There must, Jim thought, be at least a couple of thousand ordinary Gnarlies present. Gatherings like this must not be unusual. The dark band might have been made by greasy clothing, rubbing up against the clean, brown granite. Still, he had never expected their expedition to attract a crowd like this. Hill was the cause, of course.
None of that crowd moved, even slightly. They stood as if carved, illuminated by the light from the cavern walls. Yet, above that light, the roof of the cave itself was lost in a sooty darkness that seemed to reject any light that reached it. A darkness suggestive of endless spiderwebs and massive bats—but no movement, no sound, came to suggest that anything lived there above, bats or otherwise.

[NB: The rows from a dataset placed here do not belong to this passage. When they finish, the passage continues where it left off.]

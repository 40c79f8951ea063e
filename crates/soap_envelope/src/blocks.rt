//! The header blocks of an envelope.

use nbfx_values::Sequence;
use std::marker::Model;

/// A name whose prefix is resolved: its namespace and its local name. Those of an envelope's blocks
/// are borrowed from its document, which may declare one namespace for many of them.
#[derive(Debug, Drop)]
pub struct QualifiedName<'a> {
    /// The namespace; empty for a name in none.
    pub uri: &'a str,
    /// The local name.
    pub local: &'a str,
}

impl<'a> Model for QualifiedName<'a> {
    ghost use Rattle.soap_envelope.specs.Qualified.{Name};

    ghost Value = { Name };

    ghost view = { λ n. record { uri = n.uri.now; local = n.local.now } };
}

/// A header block (SOAP 1.2 Part 1, 5.2.1): a child element of the envelope's Header.
#[derive(Debug, Drop)]
pub struct Block<'d> {
    /// The name of the element.
    pub name: QualifiedName<'d>,
    /// Whether its mustUnderstand attribute is true.
    pub must_understand: bool,
    /// Whether its role is one of the ultimate receiver's, which it also is without a role.
    pub targeted: bool,
    /// The place of the block's Start in the document's items, counted from 0.
    pub from: usize,
    /// The place of the block's Close, counted from 0.
    pub to: usize,
}

/// Header blocks in the order in which they stand.
pub type Blocks<'d> = Sequence<Block<'d>>;

/// Qualified names in order.
pub type Names<'a> = Sequence<QualifiedName<'a>>;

The coin-sized squares of the silvery jewel-like metal glittered like cut gems in the stony light, marking the path they had followed and ending in the ring he had noted before, a circle on the floor that included the dais with its throne, a circle perhaps twenty feet in diameter. Upon the dais in that circle the throne and the cloak of the Gnarly King were covered by the metal bits. Their constant, changing glitter—almost on the verge of color changes—seemed to become more agitated as the voices of Hill and the King clashed with each other, rising in volume.
"—a cheild, yes. But never no growed Stoopid beed a Luck!" the Gnarly King was roaring.
Hill and his uncle were clearly still in the same argument they had been engaged with when he left. Both had lost the apparently normal—to Gnarlies—open-mouthed stare. The King seemed to be feeling uneasy, Jim thought, over Hill's repeated mention of "Luck," in spite of what he said.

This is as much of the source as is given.